+++ Record extracts +++

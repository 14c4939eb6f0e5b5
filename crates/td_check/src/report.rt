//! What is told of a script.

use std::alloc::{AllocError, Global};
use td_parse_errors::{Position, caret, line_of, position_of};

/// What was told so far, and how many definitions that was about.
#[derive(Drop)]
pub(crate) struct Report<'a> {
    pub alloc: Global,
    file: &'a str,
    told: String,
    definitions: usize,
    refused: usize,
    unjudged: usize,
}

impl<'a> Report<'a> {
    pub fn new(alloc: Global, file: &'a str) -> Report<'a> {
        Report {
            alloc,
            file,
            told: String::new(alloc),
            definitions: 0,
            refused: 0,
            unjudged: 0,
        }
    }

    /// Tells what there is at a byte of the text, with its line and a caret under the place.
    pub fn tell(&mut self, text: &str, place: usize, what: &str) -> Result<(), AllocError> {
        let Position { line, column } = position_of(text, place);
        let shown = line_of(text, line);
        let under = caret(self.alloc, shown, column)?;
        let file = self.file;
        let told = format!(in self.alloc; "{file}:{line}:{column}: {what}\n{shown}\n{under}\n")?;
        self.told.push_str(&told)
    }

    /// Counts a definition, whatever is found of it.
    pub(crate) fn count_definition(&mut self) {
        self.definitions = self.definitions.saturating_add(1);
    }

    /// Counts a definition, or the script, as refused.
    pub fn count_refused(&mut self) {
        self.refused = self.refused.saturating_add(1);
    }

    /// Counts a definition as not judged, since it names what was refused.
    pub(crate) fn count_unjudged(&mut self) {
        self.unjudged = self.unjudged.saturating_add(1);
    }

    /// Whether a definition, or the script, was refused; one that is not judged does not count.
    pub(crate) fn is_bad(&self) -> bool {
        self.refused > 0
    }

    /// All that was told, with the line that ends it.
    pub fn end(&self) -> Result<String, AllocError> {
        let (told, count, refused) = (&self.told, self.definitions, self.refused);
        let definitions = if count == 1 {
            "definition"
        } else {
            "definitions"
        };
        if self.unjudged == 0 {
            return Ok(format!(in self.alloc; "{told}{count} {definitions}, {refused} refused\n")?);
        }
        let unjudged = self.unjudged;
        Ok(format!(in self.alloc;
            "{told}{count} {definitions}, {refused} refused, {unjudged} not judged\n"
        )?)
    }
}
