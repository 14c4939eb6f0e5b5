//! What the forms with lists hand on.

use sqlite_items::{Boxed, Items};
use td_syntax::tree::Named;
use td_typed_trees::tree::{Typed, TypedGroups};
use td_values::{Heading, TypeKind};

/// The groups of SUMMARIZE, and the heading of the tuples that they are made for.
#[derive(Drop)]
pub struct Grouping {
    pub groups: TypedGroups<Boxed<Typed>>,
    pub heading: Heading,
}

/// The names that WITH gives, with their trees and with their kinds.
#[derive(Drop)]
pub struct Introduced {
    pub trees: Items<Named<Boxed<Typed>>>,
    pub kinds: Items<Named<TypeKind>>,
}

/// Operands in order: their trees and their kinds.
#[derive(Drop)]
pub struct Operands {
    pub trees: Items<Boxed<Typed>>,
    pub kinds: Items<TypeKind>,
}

+++
+++ Record extracts +++

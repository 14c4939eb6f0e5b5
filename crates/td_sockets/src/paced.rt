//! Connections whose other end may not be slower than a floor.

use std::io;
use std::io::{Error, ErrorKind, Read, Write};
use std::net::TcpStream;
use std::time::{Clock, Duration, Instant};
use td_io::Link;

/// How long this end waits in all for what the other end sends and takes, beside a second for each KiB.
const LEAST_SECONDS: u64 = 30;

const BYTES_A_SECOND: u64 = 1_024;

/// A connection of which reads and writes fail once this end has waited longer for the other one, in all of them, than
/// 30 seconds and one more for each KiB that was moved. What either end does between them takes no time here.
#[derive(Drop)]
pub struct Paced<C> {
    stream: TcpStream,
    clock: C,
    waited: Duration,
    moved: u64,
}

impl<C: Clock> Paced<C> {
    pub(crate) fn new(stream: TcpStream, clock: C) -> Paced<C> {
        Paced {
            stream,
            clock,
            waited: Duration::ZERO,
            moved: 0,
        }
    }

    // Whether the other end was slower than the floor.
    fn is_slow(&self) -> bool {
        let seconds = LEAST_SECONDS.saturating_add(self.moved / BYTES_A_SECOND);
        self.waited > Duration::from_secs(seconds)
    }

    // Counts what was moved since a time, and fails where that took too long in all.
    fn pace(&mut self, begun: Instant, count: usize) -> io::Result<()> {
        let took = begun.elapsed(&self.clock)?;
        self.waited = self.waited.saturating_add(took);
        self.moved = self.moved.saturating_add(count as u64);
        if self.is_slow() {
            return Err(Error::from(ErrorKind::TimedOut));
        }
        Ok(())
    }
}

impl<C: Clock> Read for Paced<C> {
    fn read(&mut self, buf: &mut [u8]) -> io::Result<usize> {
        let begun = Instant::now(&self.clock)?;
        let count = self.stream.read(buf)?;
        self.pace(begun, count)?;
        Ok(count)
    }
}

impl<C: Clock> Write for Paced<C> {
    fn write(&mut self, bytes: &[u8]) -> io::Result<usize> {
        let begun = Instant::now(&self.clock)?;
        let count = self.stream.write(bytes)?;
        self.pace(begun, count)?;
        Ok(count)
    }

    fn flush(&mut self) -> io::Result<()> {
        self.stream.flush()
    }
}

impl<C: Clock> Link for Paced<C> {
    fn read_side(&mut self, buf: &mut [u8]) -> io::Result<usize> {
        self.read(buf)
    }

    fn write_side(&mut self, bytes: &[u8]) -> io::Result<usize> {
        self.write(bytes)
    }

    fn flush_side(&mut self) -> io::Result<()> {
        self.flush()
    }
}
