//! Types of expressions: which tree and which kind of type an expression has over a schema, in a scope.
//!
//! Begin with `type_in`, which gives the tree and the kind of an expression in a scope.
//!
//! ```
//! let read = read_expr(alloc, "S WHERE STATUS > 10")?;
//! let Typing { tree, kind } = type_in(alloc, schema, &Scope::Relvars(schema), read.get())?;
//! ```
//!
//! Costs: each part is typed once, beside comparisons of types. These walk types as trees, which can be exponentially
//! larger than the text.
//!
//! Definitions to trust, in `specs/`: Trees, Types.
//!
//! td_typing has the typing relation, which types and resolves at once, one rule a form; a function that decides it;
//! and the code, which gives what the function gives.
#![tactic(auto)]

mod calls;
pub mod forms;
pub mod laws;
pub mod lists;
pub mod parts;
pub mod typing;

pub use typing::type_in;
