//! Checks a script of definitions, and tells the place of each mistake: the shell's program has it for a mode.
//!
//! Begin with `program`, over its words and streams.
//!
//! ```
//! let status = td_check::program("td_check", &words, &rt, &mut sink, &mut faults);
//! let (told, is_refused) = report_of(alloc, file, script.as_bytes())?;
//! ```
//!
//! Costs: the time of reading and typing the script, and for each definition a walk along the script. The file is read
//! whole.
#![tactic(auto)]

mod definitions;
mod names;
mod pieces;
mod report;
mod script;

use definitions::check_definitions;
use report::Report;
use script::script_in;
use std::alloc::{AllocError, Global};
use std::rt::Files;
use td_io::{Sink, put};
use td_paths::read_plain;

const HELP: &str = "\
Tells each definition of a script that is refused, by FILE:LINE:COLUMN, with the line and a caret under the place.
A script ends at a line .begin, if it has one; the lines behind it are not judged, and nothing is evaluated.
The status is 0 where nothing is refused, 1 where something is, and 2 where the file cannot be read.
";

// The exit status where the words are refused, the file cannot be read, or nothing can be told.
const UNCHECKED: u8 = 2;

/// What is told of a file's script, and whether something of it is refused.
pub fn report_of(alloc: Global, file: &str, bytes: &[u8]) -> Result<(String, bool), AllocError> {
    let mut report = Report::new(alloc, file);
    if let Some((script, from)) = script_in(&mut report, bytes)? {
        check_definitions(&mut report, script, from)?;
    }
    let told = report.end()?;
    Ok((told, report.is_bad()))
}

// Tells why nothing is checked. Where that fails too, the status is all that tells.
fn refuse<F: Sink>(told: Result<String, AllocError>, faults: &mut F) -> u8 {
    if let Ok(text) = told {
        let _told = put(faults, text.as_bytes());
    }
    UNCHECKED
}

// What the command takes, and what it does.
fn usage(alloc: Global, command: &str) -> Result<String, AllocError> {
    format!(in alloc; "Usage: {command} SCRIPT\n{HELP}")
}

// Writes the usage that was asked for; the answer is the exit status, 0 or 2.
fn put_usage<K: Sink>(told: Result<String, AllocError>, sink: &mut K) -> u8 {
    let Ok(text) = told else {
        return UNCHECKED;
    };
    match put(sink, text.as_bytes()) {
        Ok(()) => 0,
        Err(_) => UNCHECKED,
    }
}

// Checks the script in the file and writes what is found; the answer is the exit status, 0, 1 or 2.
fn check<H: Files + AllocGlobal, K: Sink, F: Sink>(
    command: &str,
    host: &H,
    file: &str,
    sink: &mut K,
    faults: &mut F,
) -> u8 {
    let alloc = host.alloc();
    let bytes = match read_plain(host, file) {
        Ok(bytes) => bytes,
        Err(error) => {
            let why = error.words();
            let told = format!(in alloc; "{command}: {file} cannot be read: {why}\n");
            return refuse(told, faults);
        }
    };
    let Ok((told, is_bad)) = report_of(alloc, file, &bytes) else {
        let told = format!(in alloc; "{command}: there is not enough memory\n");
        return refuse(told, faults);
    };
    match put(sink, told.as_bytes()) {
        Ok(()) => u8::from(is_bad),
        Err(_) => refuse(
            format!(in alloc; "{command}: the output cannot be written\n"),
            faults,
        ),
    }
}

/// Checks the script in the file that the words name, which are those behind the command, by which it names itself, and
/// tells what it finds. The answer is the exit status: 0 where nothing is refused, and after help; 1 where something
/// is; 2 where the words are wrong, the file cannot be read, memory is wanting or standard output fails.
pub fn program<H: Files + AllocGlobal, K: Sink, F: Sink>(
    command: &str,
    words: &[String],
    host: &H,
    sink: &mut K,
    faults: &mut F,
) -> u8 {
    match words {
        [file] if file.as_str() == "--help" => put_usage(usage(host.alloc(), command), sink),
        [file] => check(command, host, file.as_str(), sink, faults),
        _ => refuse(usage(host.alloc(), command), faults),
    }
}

+++

Task prompt: Wherever the string "took" occurs in the data, copy the line that holds it.

Output of the task:
    // Counts what was moved since a time, and fails where that took too long in all.
        let took = begun.elapsed(&self.clock)?;
        self.waited = self.waited.saturating_add(took);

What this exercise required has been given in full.